* [TASK GOAL]: Please filter the data down to the lines that include the word "specs" and copy them.

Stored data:
_ _ _ _ _ _ _

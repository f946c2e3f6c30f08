//! Nodes that a lab joins as their settings say, with the settings of three files or more.

ghost use Rattle.std.specs.Prelude.{◌≡◌, ◌⊎◌, [], ◌∷◌, ◌++◌, IfOk, OnOk, IfErr, string_bytes};
ghost use Rattle.settings_file.specs.Faults.{no_memory};
ghost use Rattle.lab.specs.Network.{settings_in};
ghost use Rattle.program.specs.Words.{texts};
ghost use Rattle.program.specs.Folders.{FileRead};
ghost use Rattle.program.specs.Explaining.{IsToldOf};
ghost use Rattle.program.specs.Network.{own_in, name_in_place, file_in, network_line, network_sentence};
ghost use Rattle.program.specs.Program.{streams, told, EndsWith, HasNoMemory};
ghost use Rattle.program.specs.Program.{HaveSettings, EndsReading, HasNode, EndsAtNode, RunsJoined, RunsNetwork};

use crate::ending::{end_with, tell_no_memory};
use crate::explaining::explain_network;
use crate::folder::Folder;
use crate::program::Status;
use crate::settings_files::settings_of;
use crate::two_nodes::{booted, end_lab};
use console::link_name;
use exchange::{Exchange, NoMemory};
use lab::{Joiner, NetworkFault, network_fault, run_network};
use script::{Sink, Source};
use settings::LinkId;
use std::alloc::{AllocError, Global};

/// Runs the lab script on nodes with the settings of these files. Faults are found in this order: file by file its
/// settings and memory for its node, whether the nodes are a network, the script.
pub(crate) fn run_network_files<F: Folder, J: Joiner, R: Source, W: Sink, E: Sink>(
    alloc: Global,
    folder: &F,
    files: &[String],
    joiner: &mut J,
    reader: &mut R,
    writer: &mut W,
    errors: &mut E,
) -> Status
    ensures { RunsNetwork (texts files.now) (F.reads folder.now)
        (streams (R.input reader.old) (W.output writer.old) (E.output errors.old))
        (streams (R.input reader.new) (W.output writer.new) (E.output errors.new)) result }
{
    let mut nodes = Vec::new(alloc);
    let status = run_nodes(
        alloc, folder, files, &mut nodes, joiner, reader, writer, errors,
    );
    drop(nodes);
    status
}

/// The same, with nodes that aren't booted yet.
fn run_nodes<F: Folder, J: Joiner, R: Source, W: Sink, E: Sink>(
    alloc: Global,
    folder: &F,
    files: &[String],
    nodes: &mut Vec<Exchange>,
    joiner: &mut J,
    reader: &mut R,
    writer: &mut W,
    errors: &mut E,
) -> Status
    requires { nodes.old.items ≡ [] }
    ensures { RunsNetwork (texts files.now) (F.reads folder.now)
        (streams (R.input reader.old) (W.output writer.old) (E.output errors.old))
        (streams (R.input reader.new) (W.output writer.new) (E.output errors.new)) result }
{
    match read_nodes(alloc, folder, files, nodes, writer, errors) {
        Ok(()) => {
            let nodes = nodes.as_mut_slice();
            run_if_network(alloc, files, nodes, joiner, reader, writer, errors)
        }
        Err(status) => status,
    }
}

/// Boots the nodes of these files, in order; or answers how the program ends where one can't be.
fn read_nodes<F: Folder, W: Sink, E: Sink>(
    alloc: Global,
    folder: &F,
    files: &[String],
    nodes: &mut Vec<Exchange>,
    writer: &mut W,
    errors: &mut E,
) -> Result<(), Status>
    requires { nodes.old.items ≡ [] }
    ensures settings { OnOk result (HaveSettings (texts files.now) (F.reads folder.now)
        (settings_in nodes.new.items) (E.output errors.old) (E.output errors.new)) }
    ensures unwritten { OnOk result (W.output writer.new ≡ W.output writer.old) }
    ensures ended { IfErr result (EndsReading (texts files.now) (F.reads folder.now)
        (W.output writer.old) (W.output writer.new) (E.output errors.old) (E.output errors.new)) }
{
    for place in 0..files.len() {
        match node_of(alloc, folder, files[place].as_str(), writer, errors) {
            Ok(node) => {
                let Ok(()) = add(nodes, node) else {
                    return Err(tell_no_memory(writer));
                };
            }
            Err(status) => return Err(status),
        }
    }
    Ok(())
}

/// Adds a node. The error means that memory ran out.
fn add(nodes: &mut Vec<Exchange>, node: Exchange) -> Result<(), AllocError>
    ensures { OnOk result (nodes.new.items ≡ nodes.old.items ++ node ∷ []) }
{
    match nodes.push(node) {
        Ok(_) => Ok(()),
        Err(_) => Err(AllocError),
    }
}

/// The node with the settings of a file, before its first event; or how the program ends without it.
fn node_of<F: Folder, W: Sink, E: Sink>(
    alloc: Global,
    folder: &F,
    file: &str,
    writer: &mut W,
    errors: &mut E,
) -> Result<Exchange, Status>
    ensures node { IfOk result (λ node. HasNode file.now (F.reads folder.now) node.settings
        (E.output errors.old) (E.output errors.new)) }
    ensures unwritten { IfOk result (λ _. W.output writer.new ≡ W.output writer.old) }
    ensures ended { IfErr result (EndsAtNode file.now (F.reads folder.now)
        (W.output writer.old) (W.output writer.new) (E.output errors.old) (E.output errors.new)) }
{
    let settings = match settings_of(alloc, folder, file, writer, errors) {
        Ok(settings) => settings,
        Err(status) => return Err(status),
    };
    match booted(alloc, settings) {
        Ok(node) => Ok(node),
        Err(NoMemory) => Err(tell_no_memory(writer)),
    }
}

/// Runs the lab script on nodes that were just booted, with the settings of files of these names, if they are a
/// network.
fn run_if_network<J: Joiner, R: Source, W: Sink, E: Sink>(
    alloc: Global,
    files: &[String],
    nodes: &mut [Exchange],
    joiner: &mut J,
    reader: &mut R,
    writer: &mut W,
    errors: &mut E,
) -> Status
    ensures { RunsJoined (texts files.now) (settings_in nodes.old)
        (streams (R.input reader.old) (W.output writer.old) (E.output errors.old))
        (streams (R.input reader.new) (W.output writer.new) (E.output errors.new)) result
        ⊎ HasNoMemory
        (streams (R.input reader.old) (W.output writer.old) (E.output errors.old))
        (streams (R.input reader.new) (W.output writer.new) (E.output errors.new)) result }
{
    match network_fault(nodes) {
        None => {
            let script = run_network(alloc, nodes, joiner, reader, writer);
            end_lab(alloc, script, writer, errors)
        }
        Some(fault) => tell_network_fault(alloc, files, nodes, fault, writer, errors),
    }
}

/// Prints why the nodes of these files aren't a network, and explains it; or prints that memory ran out.
fn tell_network_fault<W: Sink, E: Sink>(
    alloc: Global,
    files: &[String],
    nodes: &[Exchange],
    fault: NetworkFault,
    writer: &mut W,
    errors: &mut E,
) -> Status
    ensures { (EndsWith Status.Start (network_line (settings_in nodes.now) fault)
        (W.output writer.old) (W.output writer.new) result
        × IsToldOf (λ text. text ≡ network_sentence (texts files.now) (settings_in nodes.now) fault)
        (E.output errors.old) (E.output errors.new))
        ⊎ (EndsWith Status.Start (told no_memory) (W.output writer.old) (W.output writer.new) result
        × (E.output errors.new ≡ E.output errors.old)) }
{
    match network_line(alloc, nodes, &fault) {
        Ok(line) => {
            let sentence = network_sentence(alloc, files, nodes, &fault);
            explain_network(sentence, errors);
            end_with(Status::Start, line.as_bytes(), writer)
        }
        Err(_) => tell_no_memory(writer),
    }
}

/// The line of a fault of a network.
fn network_line(
    alloc: Global,
    nodes: &[Exchange],
    fault: &NetworkFault,
) -> Result<String, AllocError>
    ensures { IfOk result (λ line. string_bytes line ≡ network_line (settings_in nodes.now) fault.now) }
{
    match fault {
        NetworkFault::SamePoint(place) => {
            let own = own_in(nodes, *place);
            format!(in alloc; "fault SamePoint {own}\n")
        }
        NetworkFault::NotJoined(place, link) => {
            let (own, name) = (own_in(nodes, *place), name_in_place(nodes, *place, *link));
            format!(in alloc; "fault NotJoined {own} {name}\n")
        }
        NetworkFault::OtherNetwork(place, link) => {
            let (own, name) = (own_in(nodes, *place), name_in_place(nodes, *place, *link));
            format!(in alloc; "fault OtherNetwork {own} {name}\n")
        }
    }
}

/// The sentence about a fault of a network.
fn network_sentence(
    alloc: Global,
    files: &[String],
    nodes: &[Exchange],
    fault: &NetworkFault,
) -> Result<String, AllocError>
    ensures { IfOk result (λ sentence.
        string_bytes sentence ≡ network_sentence (texts files.now) (settings_in nodes.now) fault.now) }
{
    match fault {
        NetworkFault::SamePoint(place) => {
            let file = file_in(files, *place);
            format!(in alloc; "{file}: a file before it has the same point\n")
        }
        NetworkFault::NotJoined(place, link) => {
            let (file, name) = (file_in(files, *place), name_in_place(nodes, *place, *link));
            format!(in alloc; "{file}: link {name}: none of the files has its other end\n")
        }
        NetworkFault::OtherNetwork(place, link) => {
            let (file, name) = (file_in(files, *place), name_in_place(nodes, *place, *link));
            format!(in alloc; "{file}: link {name}: its other end is in another network\n")
        }
    }
}

/// The point of the node in a place; 0 where there is none.
fn own_in(nodes: &[Exchange], place: usize) -> u16
    ensures { result ≡ own_in (settings_in nodes.now) place }
{
    match nodes.get(place) {
        Some(node) => node.settings().own().code(),
        None => 0,
    }
}

/// The name of a link of the node in a place; nothing where there is none.
fn name_in_place(nodes: &[Exchange], place: usize, link: LinkId) -> &str
    ensures { result.now ≡ name_in_place (settings_in nodes.now) place link }
{
    match nodes.get(place) {
        Some(node) => link_name(node.settings(), link),
        None => "",
    }
}

/// The name of the file in a place; nothing where there is none.
fn file_in(files: &[String], place: usize) -> &str
    ensures { result.now ≡ file_in (texts files.now) place }
{
    match files.get(place) {
        Some(file) => file.as_str(),
        None => "",
    }
}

_ _ _ _ _ _ _

* [WRITTEN RESPONSE]:
ghost use Rattle.std.specs.Prelude.{◌≡◌, ◌⊎◌, [], ◌∷◌, ◌++◌, IfOk, OnOk, IfErr, string_bytes};
ghost use Rattle.settings_file.specs.Faults.{no_memory};
ghost use Rattle.lab.specs.Network.{settings_in};
ghost use Rattle.program.specs.Words.{texts};
ghost use Rattle.program.specs.Folders.{FileRead};
ghost use Rattle.program.specs.Explaining.{IsToldOf};
ghost use Rattle.program.specs.Network.{own_in, name_in_place, file_in, network_line, network_sentence};
ghost use Rattle.program.specs.Program.{streams, told, EndsWith, HasNoMemory};
ghost use Rattle.program.specs.Program.{HaveSettings, EndsReading, HasNode, EndsAtNode, RunsJoined, RunsNetwork};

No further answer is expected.